Memory Barriers: a Hardware View for Software Hackers

URL: http://www.rdrop.com/users/paulmck/scalability/paper/whymb.2010.07.23a.pdf

This paper gives a clear explanation on techniques for increasing cache utilization, and justify the existence of memory barriers as a necessary evil that is required to enable good performance and scalability.

Its general structure is as follows:

  1. Presents the structure of a cache;
  2. Explains how cache-coherency protocols ensure that different per-CPU caches coordinate with each other;
  3. Describes a technique called "store buffer", which can be used to ease the performance loss caused by invalidate-acknowledgement message passing.
  4. Gives an example on why write memory barriers are needed -- Store buffers will reorder the execution of instructions to achieve better performance but we need methods to ensure some critical orders will not be undermined;
  5. Outlines another technique named "invalidate queue" for making invalidate-acknowledgement messages arrive more quickly.
  6. Gives a corresponding example on why read memory barriers are needed -- Invalidate queues will cause another kind of reordering which can be prevented by read memory barriers.

The paper also gives many quizzes and discussions on real implementations (e.g.

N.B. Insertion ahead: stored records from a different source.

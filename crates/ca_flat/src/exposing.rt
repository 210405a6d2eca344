//! The rows that expose the defects of a chip.

ghost use Rattle.std.specs.Prelude.{◌↔◌};

use crate::chip_defect::ChipDefect;
use ca_cell::Rows;

/// For each defect of a chip the rows that expose it in its cell.
pub trait ExposingRows {
    ghost use Rattle.ca_flat.specs.Chip.{Chip, IsDefectIn};
    ghost use Rattle.ca_flat.specs.Rows.{ListsExposingRows};

    /// The chip.
    ghost chip: { Self → Chip };

    /// The rows of a defect.
    fn rows(&self, defect: ChipDefect) -> &Rows
        requires { IsDefectIn (chip self.now) defect }
        ensures { ListsExposingRows (chip self.now) defect result.now };
}

/// For each defect of a chip the rows that expose it in its cell, and whether any pair of vectors does.
pub trait ExposableDefects: ExposingRows {
    ghost use Rattle.std.specs.Prelude.{IsTrue};
    ghost use Rattle.ca_flat.specs.Chip.{IsDefectIn};
    ghost use Rattle.ca_flat.specs.Detection.{IsExposableIn};

    /// Whether some pair of vectors exposes the defect in its cell.
    fn is_exposable(&self, defect: ChipDefect) -> bool
        requires { IsDefectIn (Self.chip self.now) defect }
        ensures { IsTrue result ↔ IsExposableIn (Self.chip self.now) defect };
}
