//! Whether a cell is static: whether each definite vector alone, whatever came before, says what it ends
//! with; and what that is.
#![tactic(auto)]

mod last_table;
mod statics;

pub use last_table::LastTable;
pub use statics::is_static;
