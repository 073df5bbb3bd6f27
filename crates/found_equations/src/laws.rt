//! The law, the contract of a function that does nothing.

ghost use Rattle.found_equations.specs.Said.{InvariantsSayWhatWasFound};

use equation_laws::laws::what_is_found_spans;
use program_rules::laws::lawful_is_typing;
use spl_parser::laws::what_is_read_is_spelled;

/// Where `invariants` ends with status 0, its text has a line for each equation that was found: its formula, or that it is left
/// out for a named cause. Each equation, printed or not, holds on every run of the program.
pub fn invariants_say_what_was_found()
    ensures { InvariantsSayWhatWasFound }
{
    what_is_found_spans();
    what_is_read_is_spelled();
    lawful_is_typing();
}
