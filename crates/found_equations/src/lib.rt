//! What `invariants` says of the equations that it found: a law over its plan.
#![tactic(auto)]

pub mod laws;
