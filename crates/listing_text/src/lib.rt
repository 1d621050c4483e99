// Texts in a lent buffer: decimal numbers, names, the bytes of a key or a value as they are shown. Each is written at a place where the caller
// knows that there is room, and answers the place behind it.
#![tactic(auto)]

ghost use Rattle.std.specs.Prelude.{◌≡◌, ◌+◌, ◌/◌, ◌%◌, ◌≤◌, length};
ghost use Rattle.rules.specs.Given.{Gives};
ghost use Rattle.rules.specs.Listing.{decimal, shown_byte, shown_bytes, status_text};
ghost use Rattle.rules.specs.Sizes.{max_value};
ghost use Rattle.listing_text.specs.Texts.{TextFits, named, numbered, put_text};

use rules::Status;

// How many digits `v` has.
pub fn decimal_len(v: u64) -> usize
    ensures { (result ≡ length (decimal v)) × (result ≤ 20) }
{
    let mut n: usize = 1;
    let mut left = v;
    // Goes by what is left of the number, and by no index.
    while 10 <= left {
        left = left / 10;
        n += 1;
    }
    n
}

// The last digit of a number with its tenth at hand, by the lowest four bits of both: `v % 10` beside `v / 10` is compiled to a 64-bit multiply, which the
// smallest processors have not.
fn last_digit(v: u64, tenth: u64) -> u8
    requires { tenth ≡ v / 10 }
    ensures { result ≡ 48 + v % 10 }
{
    let low = (v % 16) as u8;
    let less = ((tenth % 16) as u8) * 10 % 16;
    48 + (low + 16 - less) % 16
}

// `v` in decimal digits, from the last one back.
pub fn put_decimal(out: &mut [u8], at: usize, v: u64) -> usize
    requires { TextFits at (decimal v) out.old }
    ensures { Gives (put_text at (decimal v) out.old) result out.new }
{
    let end = at + decimal_len(v);
    let mut left = v;
    for i in (at..end).rev() {
        let tenth = left / 10;
        out[i] = last_digit(left, tenth);
        left = tenth;
    }
    end
}

// The bytes of `text`.
pub fn put_text(out: &mut [u8], at: usize, text: &[u8]) -> usize
    requires { TextFits at text.now out.old }
    ensures { Gives (put_text at text.now out.old) result out.new }
{
    fields::copy_to(out, at, text);
    at + text.len()
}

// ---- bytes as they are shown

// How long a key or a value is as it is shown.
pub fn shown_len(text: &[u8]) -> usize
    requires { length text.now ≤ max_value }
    ensures { result ≡ length (shown_bytes text.now) }
{
    let mut n: usize = 0;
    for b in text {
        n += listing_byte::byte_len(*b);
    }
    n
}

// A byte as it is shown.
fn put_byte(out: &mut [u8], at: usize, b: u8) -> usize
    requires { TextFits at (shown_byte b) out.old }
    ensures { Gives (put_text at (shown_byte b) out.old) result out.new }
{
    if listing_byte::is_plain(b) {
        return put_text(out, at, &[b]);
    }
    let high = listing_byte::hex_digit(b / 16);
    let low = listing_byte::hex_digit(b % 16);
    put_text(out, at, &[b'%', high, low])
}

// The bytes of a key or a value as they are shown.
pub fn put_shown(out: &mut [u8], at: usize, text: &[u8]) -> usize
    requires { TextFits at (shown_bytes text.now) out.old }
    ensures { Gives (put_text at (shown_bytes text.now) out.old) result out.new }
{
    let mut n = at;
    for b in text {
        n = put_byte(out, n, *b);
    }
    n
}

// ---- names and what they name

// A name and a number.
pub fn put_numbered(out: &mut [u8], at: usize, name: &[u8], v: u64) -> usize
    requires { TextFits at (numbered name.now v) out.old }
    ensures { Gives (put_text at (numbered name.now v) out.old) result out.new }
{
    let next = put_text(out, at, name);
    put_decimal(out, next, v)
}

// A name and the bytes of a key or a value.
pub fn put_named(out: &mut [u8], at: usize, name: &[u8], text: &[u8]) -> usize
    requires { TextFits at (named name.now text.now) out.old }
    ensures { Gives (put_text at (named name.now text.now) out.old) result out.new }
{
    let next = put_text(out, at, name);
    put_shown(out, next, text)
}

// The name of a status.
pub fn put_status(out: &mut [u8], at: usize, status: Status) -> usize
    requires { TextFits at (status_text status) out.old }
    ensures { Gives (put_text at (status_text status) out.old) result out.new }
{
    match status {
        Status::Set => put_text(out, at, b"set"),
        Status::Delete => put_text(out, at, b"delete"),
        Status::Ttl => put_text(out, at, b"ttl"),
    }
}
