// The check behind number 14: whether lent bytes are a table that obeys the rules. It makes one pass over them: the records by `record_check`, their
// versions by `numbers_differ`, the bytes behind the nodes by `tail_check`. Where the table has a profile, `profile_check` looks at its records once more.
#![tactic(auto)]

ghost use Rattle.std.specs.Prelude.{◌≡◌, true, ◌≤◌, length, take, drop};
ghost use Rattle.fields.specs.Blocks.{all_blocks};
ghost use Rattle.fields.specs.Order.{less_bytes};
ghost use Rattle.rules.specs.Sizes.{max_nodes, max_records, max_key};
ghost use Rattle.rules.specs.Table.{keys_rise, versions, rising, numbers_of};
ghost use Rattle.rules.specs.Layout.{rec_place, node_place, rec_width, node_width, table_width, decode_rec, decode, valid};
ghost use Rattle.rules.specs.Whole.{valid_whole};
ghost use Rattle.table.specs.Tests.{key_length, rec_good, node_good, count_of, recs_in, nodes_of};

use rules::{Header, sizes};
use std::cmp::Ordering;
use table::layout;

// The versions of a node's records, in its first `n` places.
fn versions_of(node: &[u8], n: usize) -> [u64; Header::RECORDS]
    requires { (length node.now ≡ node_width) × (n ≤ max_records) × (n ≡ count_of node.now) }
    ensures { (length result ≡ max_records) × (take n result ≡ versions (recs_in node.now)) }
{
    let mut vs = [0u64; Header::RECORDS];
    for i in 0..n {
        vs[i] = fields::read_u64(node, table::record_place(i) + layout::VERSION);
    }
    vs
}

// Whether the first record's key is below the second's.
fn key_below(x: &[u8], y: &[u8]) -> bool
    requires { (length x.now ≡ rec_width) × (key_length x.now ≤ max_key) × (length y.now ≡ rec_width) × (key_length y.now ≤ max_key) }
    ensures { result ≡ less_bytes (decode_rec x.now).kv.key (decode_rec y.now).kv.key }
{
    match fields::compare(table::key_of(x), table::key_of(y)) {
        Ordering::Less => true,
        Ordering::Equal => false,
        Ordering::Greater => false,
    }
}

// Whether each key of a node's records is below the next.
fn keys_rise(node: &[u8], n: usize, max: u64) -> bool
    requires { (length node.now ≡ node_width) × (n ≤ max_records) × (n ≡ count_of node.now)
        × (all_blocks (rec_good max) rec_width n (drop (rec_place 0) node.now) ≡ true) }
    ensures { result ≡ keys_rise (recs_in node.now) }
{
    for i in 1..n {
        if !key_below(table::record_of(node, i - 1), table::record_of(node, i)) {
            return false;
        }
    }
    true
}

// Whether the bytes are those of a node.
pub fn check_node(node: &[u8]) -> bool
    requires { length node.now ≡ node_width }
    ensures { result ≡ node_good node.now }
{
    let n = fields::byte_at(node, layout::RECORD_COUNT);
    if Header::RECORDS < n {
        return false;
    }
    let max = fields::read_u64(node, layout::MAX);
    if record_check::check_records(node, n, max) {
        if keys_rise(node, n, max) {
            let vs = versions_of(node, n);
            if numbers_differ::all_differ(&vs, n) {
                let a = table::record_place(n);
                return fields::is_zero(&node[a..layout::NODE]);
            }
        }
    }
    false
}

// Whether the first `n` nodes are nodes.
fn check_nodes(table: &[u8], n: usize) -> bool
    requires { (length table.now ≡ table_width) × (n ≤ max_nodes) }
    ensures { result ≡ all_blocks node_good node_width n (drop (node_place 0) table.now) }
{
    for i in 0..n {
        if !check_node(table::node_of(table, i)) {
            return false;
        }
    }
    true
}

// Whether each node's number is below the next.
fn numbers_rise(table: &[u8], n: usize) -> bool
    requires { (length table.now ≡ table_width) × (n ≤ max_nodes) × (n ≡ nodes_of table.now) }
    ensures { result ≡ rising (numbers_of (decode table.now)) }
{
    for i in 1..n {
        let x = fields::read_u64(table, table::node_place(i - 1));
        let y = fields::read_u64(table, table::node_place(i));
        if y <= x {
            return false;
        }
    }
    true
}

// Whether the bytes are those of a table's area that obeys the rules.
fn check_area(area: &[u8]) -> bool
    ensures { result ≡ valid area.now }
{
    if area.len() != layout::AREA {
        return false;
    }
    let n = fields::byte_at(area, layout::NODE_COUNT);
    if sizes::NODES < n {
        return false;
    }
    if check_nodes(area, n) {
        if numbers_rise(area, n) {
            let a = table::node_place(n);
            return fields::is_zero(&area[a..layout::AREA]);
        }
    }
    false
}

// Whether the bytes are those of a table that obeys the rules: number 14 is refused exactly where they are not.
pub fn check_table(table: &[u8]) -> bool
    ensures { result ≡ valid_whole table.now }
{
    if table.len() != layout::TABLE {
        return false;
    }
    if check_area(&table[..layout::AREA]) {
        if tail_check::check_tail(&table[..layout::AREA], &table[layout::AREA..layout::TABLE]) {
            return profile_check::check_profile(table);
        }
    }
    false
}
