// Nets whose hubs keep grids: definitions and theorems (specs/, proofs/). There is no code here.
#![tactic(auto)]
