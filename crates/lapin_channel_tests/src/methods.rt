//! Every method of a channel: what it answers on a channel that is not open, the frame that it queues with each of its fields, and its
//! answer, by the table of calls.

use crate::driver::first_failure;
use std::test::Fail;

const METHODS: &str = "
# `channel.flow`
call 1 channel.flow 1 -> refused InvalidChannelState closed
next 1 -> noframe
= opened
call 1 channel.flow 1 -> ticket 2
ticket 2 -> pending
next 1 -> frame method 1 channel.flow 1
ticket 2 -> pending
recv method 1 channel.flow-ok 0 -> received
ticket 2 -> answer flow 0
next 1 -> noframe

# `access.request`
call 1 access.request x2f64 1 0 1 0 0 -> refused InvalidChannelState closed
next 1 -> noframe
= opened
call 1 access.request x2f64 1 0 1 0 0 -> ticket 2
ticket 2 -> pending
next 1 -> frame method 1 access.request x2f64 1 0 1 0 0
ticket 2 -> pending
recv method 1 access.request-ok -> received
ticket 2 -> answer done
next 1 -> noframe

# `exchange.declare`
call 1 exchange.declare x65 x746f706963 1 0 0 1 0 {x61=t1} -> refused InvalidChannelState closed
next 1 -> noframe
= opened
call 1 exchange.declare x65 x746f706963 1 0 0 1 0 {x61=t1} -> ticket 2
ticket 2 -> pending
next 1 -> frame method 1 exchange.declare x65 x746f706963 1 0 0 1 0 {x61=t1}
ticket 2 -> pending
recv method 1 exchange.declare-ok -> received
ticket 2 -> answer done
next 1 -> noframe

# `exchange.delete`
call 1 exchange.delete x65 1 0 -> refused InvalidChannelState closed
next 1 -> noframe
= opened
call 1 exchange.delete x65 1 0 -> ticket 2
ticket 2 -> pending
next 1 -> frame method 1 exchange.delete x65 1 0
ticket 2 -> pending
recv method 1 exchange.delete-ok -> received
ticket 2 -> answer done
next 1 -> noframe

# `exchange.bind`
call 1 exchange.bind x64 x73 x6b 0 {x61=V} -> refused InvalidChannelState closed
next 1 -> noframe
= opened
call 1 exchange.bind x64 x73 x6b 0 {x61=V} -> ticket 2
ticket 2 -> pending
next 1 -> frame method 1 exchange.bind x64 x73 x6b 0 {x61=V}
ticket 2 -> pending
recv method 1 exchange.bind-ok -> received
ticket 2 -> answer done
next 1 -> noframe

# `exchange.unbind`
call 1 exchange.unbind x64 x73 x6b 0 {x61=V} -> refused InvalidChannelState closed
next 1 -> noframe
= opened
call 1 exchange.unbind x64 x73 x6b 0 {x61=V} -> ticket 2
ticket 2 -> pending
next 1 -> frame method 1 exchange.unbind x64 x73 x6b 0 {x61=V}
ticket 2 -> pending
recv method 1 exchange.unbind-ok -> received
ticket 2 -> answer done
next 1 -> noframe

# `queue.declare`
call 1 queue.declare x71 0 1 0 1 0 {x61=t1} -> refused InvalidChannelState closed
next 1 -> noframe
= opened
call 1 queue.declare x71 0 1 0 1 0 {x61=t1} -> ticket 2
ticket 2 -> pending
next 1 -> frame method 1 queue.declare x71 0 1 0 1 0 {x61=t1}
ticket 2 -> pending
recv method 1 queue.declare-ok x616d71 5 1 -> received
ticket 2 -> answer queue x616d71 5 1
next 1 -> noframe

# `queue.bind`
call 1 queue.bind x71 x65 x6b 0 {x61=V} -> refused InvalidChannelState closed
next 1 -> noframe
= opened
call 1 queue.bind x71 x65 x6b 0 {x61=V} -> ticket 2
ticket 2 -> pending
next 1 -> frame method 1 queue.bind x71 x65 x6b 0 {x61=V}
ticket 2 -> pending
recv method 1 queue.bind-ok -> received
ticket 2 -> answer done
next 1 -> noframe

# `queue.purge`
call 1 queue.purge x71 0 -> refused InvalidChannelState closed
next 1 -> noframe
= opened
call 1 queue.purge x71 0 -> ticket 2
ticket 2 -> pending
next 1 -> frame method 1 queue.purge x71 0
ticket 2 -> pending
recv method 1 queue.purge-ok 7 -> received
ticket 2 -> answer count 7
next 1 -> noframe

# `queue.delete`
call 1 queue.delete x71 1 0 0 -> refused InvalidChannelState closed
next 1 -> noframe
= opened
call 1 queue.delete x71 1 0 0 -> ticket 2
ticket 2 -> pending
next 1 -> frame method 1 queue.delete x71 1 0 0
ticket 2 -> pending
recv method 1 queue.delete-ok 3 -> received
ticket 2 -> answer count 3
next 1 -> noframe

# `queue.unbind`
call 1 queue.unbind x71 x65 x6b {x61=V} -> refused InvalidChannelState closed
next 1 -> noframe
= opened
call 1 queue.unbind x71 x65 x6b {x61=V} -> ticket 2
ticket 2 -> pending
next 1 -> frame method 1 queue.unbind x71 x65 x6b {x61=V}
ticket 2 -> pending
recv method 1 queue.unbind-ok -> received
ticket 2 -> answer done
next 1 -> noframe

# `basic.qos`
call 1 basic.qos 20 1 -> refused InvalidChannelState closed
next 1 -> noframe
= opened
call 1 basic.qos 20 1 -> ticket 2
ticket 2 -> pending
next 1 -> frame method 1 basic.qos 20 1
ticket 2 -> pending
recv method 1 basic.qos-ok -> received
ticket 2 -> answer done
next 1 -> noframe

# `basic.consume`
call 1 basic.consume x71 x74 0 1 0 0 {x61=t1} -> refused InvalidChannelState closed
next 1 -> noframe
= opened
call 1 basic.consume x71 x74 0 1 0 0 {x61=t1} -> ticket 2
ticket 2 -> pending
next 1 -> frame method 1 basic.consume x71 x74 0 1 0 0 {x61=t1}
ticket 2 -> pending
recv method 1 basic.consume-ok x74 -> received
ticket 2 -> answer consumer 1
next 1 -> noframe

# `basic.cancel`
call 1 basic.cancel x74 0 -> refused InvalidChannelState closed
next 1 -> noframe
= opened
call 1 basic.cancel x74 0 -> ticket 2
ticket 2 -> pending
next 1 -> frame method 1 basic.cancel x74 0
ticket 2 -> pending
recv method 1 basic.cancel-ok x74 -> received
ticket 2 -> answer done
next 1 -> noframe

# `basic.get`
call 1 basic.get x71 1 -> refused InvalidChannelState closed
next 1 -> noframe
= opened
call 1 basic.get x71 1 -> ticket 2
ticket 2 -> pending
next 1 -> frame method 1 basic.get x71 1
ticket 2 -> pending
recv method 1 basic.get-empty -> received
ticket 2 -> answer got -
next 1 -> noframe

# `basic.recover`
call 1 basic.recover 1 -> refused InvalidChannelState closed
next 1 -> noframe
= opened
call 1 basic.recover 1 -> ticket 2
ticket 2 -> pending
next 1 -> frame method 1 basic.recover 1
ticket 2 -> pending
recv method 1 basic.recover-ok -> received
ticket 2 -> answer done
next 1 -> noframe

# `confirm.select`
call 1 confirm.select 0 -> refused InvalidChannelState closed
next 1 -> noframe
= opened
call 1 confirm.select 0 -> ticket 2
ticket 2 -> pending
next 1 -> frame method 1 confirm.select 0
ticket 2 -> pending
recv method 1 confirm.select-ok -> received
ticket 2 -> answer done
next 1 -> noframe

# `tx.select`
call 1 tx.select -> refused InvalidChannelState closed
next 1 -> noframe
= opened
call 1 tx.select -> ticket 2
ticket 2 -> pending
next 1 -> frame method 1 tx.select
ticket 2 -> pending
recv method 1 tx.select-ok -> received
ticket 2 -> answer done
next 1 -> noframe

# `tx.commit`
call 1 tx.commit -> refused InvalidChannelState closed
next 1 -> noframe
= opened
call 1 tx.commit -> ticket 2
ticket 2 -> pending
next 1 -> frame method 1 tx.commit
ticket 2 -> pending
recv method 1 tx.commit-ok -> received
ticket 2 -> answer done
next 1 -> noframe

# `tx.rollback`
call 1 tx.rollback -> refused InvalidChannelState closed
next 1 -> noframe
= opened
call 1 tx.rollback -> ticket 2
ticket 2 -> pending
next 1 -> frame method 1 tx.rollback
ticket 2 -> pending
recv method 1 tx.rollback-ok -> received
ticket 2 -> answer done
next 1 -> noframe

# `channel.close`
call 1 channel.close 404 x6e6f -> refused InvalidChannelState closed
next 1 -> noframe
= opened
call 1 channel.close 404 x6e6f -> ticket 2
ticket 2 -> pending
next 1 -> frame method 1 channel.close 404 x6e6f 0 0
ticket 2 -> pending
recv method 1 channel.close-ok -> received
ticket 2 -> answer done
next 1 -> noframe

# `basic.get` with a message: the answer comes with its last byte.
= opened
call 1 basic.get x71 0 -> ticket 2
next 1 -> frame method 1 basic.get x71 0
recv method 1 basic.get-ok 9 1 x65 x6b 4 -> received
recv header 1 60 2 [priority=1] -> received
ticket 2 -> pending
recv body 1 x6869 -> received
ticket 2 -> answer got 9 x65 x6b 1 [priority=1] x6869 1 4
next 1 -> noframe

# `basic.ack` has no reply: it is done as it leaves.
call 1 basic.ack 7 1 -> refused InvalidChannelState closed
next 1 -> noframe
= opened
call 1 basic.ack 7 1 -> ticket 2
ticket 2 -> pending
next 1 -> frame method 1 basic.ack 7 1
ticket 2 -> answer done
next 1 -> noframe

# `basic.nack` has no reply: it is done as it leaves.
call 1 basic.nack 7 1 0 -> refused InvalidChannelState closed
next 1 -> noframe
= opened
call 1 basic.nack 7 1 0 -> ticket 2
ticket 2 -> pending
next 1 -> frame method 1 basic.nack 7 1 0
ticket 2 -> answer done
next 1 -> noframe

# `basic.reject` has no reply: it is done as it leaves.
call 1 basic.reject 7 1 -> refused InvalidChannelState closed
next 1 -> noframe
= opened
call 1 basic.reject 7 1 -> ticket 2
ticket 2 -> pending
next 1 -> frame method 1 basic.reject 7 1
ticket 2 -> answer done
next 1 -> noframe

# `basic.recover-async` has no reply: it is done as it leaves.
call 1 basic.recover-async 1 -> refused InvalidChannelState closed
next 1 -> noframe
= opened
call 1 basic.recover-async 1 -> ticket 2
ticket 2 -> pending
next 1 -> frame method 1 basic.recover-async 1
ticket 2 -> answer done
next 1 -> noframe

# `basic.publish`: its ticket is answered as its last frame leaves, its confirm as the broker settles it.
call 1 basic.publish x65 x6b 1 0 x6869 [delivery_mode=2,message_id=x69] -> refused InvalidChannelState closed
next 1 -> noframe
= opened
call 1 confirm.select 1 -> ticket 2
next 1 -> frame method 1 confirm.select 1
call 1 basic.publish x65 x6b 1 0 x6869 [delivery_mode=2,message_id=x69] -> publish 3 1
next 0 -> noframe
next 1 -> frame method 1 basic.publish x65 x6b 1 0
next 1 -> frame header 1 60 2 [delivery_mode=2,message_id=x69]
ticket 3 -> pending
next 1 -> frame body 1 x6869
ticket 3 -> answer confirm 1
confirm 1 -> pending
wait 1 -> pending
recv method 1 basic.ack 1 0 -> received
confirm 1 -> confirmed ack -
wait 1 -> returned 0
next 1 -> noframe

# `basic.try-publish`: its ticket is answered as its last frame leaves, its confirm as the broker settles it.
call 1 basic.try-publish x65 x6b 1 0 x6869 [delivery_mode=2,message_id=x69] -> refused InvalidChannelState closed
next 1 -> noframe
= opened
call 1 confirm.select 1 -> ticket 2
next 1 -> frame method 1 confirm.select 1
call 1 basic.try-publish x65 x6b 1 0 x6869 [delivery_mode=2,message_id=x69] -> publish 3 1
next 0 -> noframe
next 1 -> frame method 1 basic.publish x65 x6b 1 0
next 1 -> frame header 1 60 2 [delivery_mode=2,message_id=x69]
ticket 3 -> pending
next 1 -> frame body 1 x6869
ticket 3 -> answer confirm 1
confirm 1 -> pending
wait 1 -> pending
recv method 1 basic.ack 1 0 -> received
confirm 1 -> confirmed ack -
wait 1 -> returned 0
next 1 -> noframe

# `confirm.limit` queues no frame, and is done at once. At the limit a try publish is refused, and a publish waits.
call 1 confirm.limit 1 -> refused InvalidChannelState closed
= opened
call 1 confirm.select 1 -> ticket 2
next 1 -> frame method 1 confirm.select 1
call 1 confirm.limit 1 -> ticket 3
ticket 3 -> answer done
next 1 -> noframe
call 1 basic.try-publish x x71 0 0 x [] -> publish 4 1
next 1 -> frame method 1 basic.publish x x71 0 0
next 1 -> frame header 1 60 0 []
call 1 basic.try-publish x x71 0 0 x [] -> refused ConfirmsOutstanding 1
call 1 basic.publish x x71 0 0 x [] -> publish 5 2
next 1 -> noframe
recv method 1 basic.ack 1 0 -> received
next 1 -> frame method 1 basic.publish x x71 0 0

# The session's own two: `channel.open` and `connection.close`.
call 7 channel.open -> ticket 1
next 1 -> frame method 7 channel.open
recv method 7 channel.open-ok -> received
ticket 1 -> answer channel 7
state 7 -> state open open
call 7 channel.open -> refused InvalidChannelState open
call 0 connection.close 320 x627965 -> ticket 2
state 7 -> state closing down
next 1 -> frame method 0 connection.close 320 x627965 0 0
recv method 0 connection.close-ok -> received
ticket 2 -> answer done
state 0 -> state closed down
lost -> lost
state 0 -> state lost down
ticket 2 -> refused AlreadyTaken
ticket 3 -> refused UnknownTicket
aside-ticket 2 -> refused AlreadyTaken
";

#[test]
fn each_method_of_a_channel(rt: HostRuntime) -> Result<(), Fail> {
    let found = first_failure(rt.alloc(), METHODS)?;
    assert_eq!(rt; found, None);
    Ok(())
}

ARM, IA64).

Pitfalls of Object Oriented Programming

URL: http://research.scee.net/files/presentations/gcapaustralia09/Pitfalls_of_Object_Oriented_Programming_GCAP_09.pdf

Since the time consumed by a single CPU cycle is much lesser than RAM latency in nowadays, it becomes critical and profitable to better utilize the cache.

In this slide, Tony Albrecht states that with modern hardware, excessive encapsulation in OO is BAD. According to the principle of OOP, an instantiated object will generally contain all data associated with it. But when we only need a small portion of its fileds during the calculation there may be a lot of avoidable cache misses.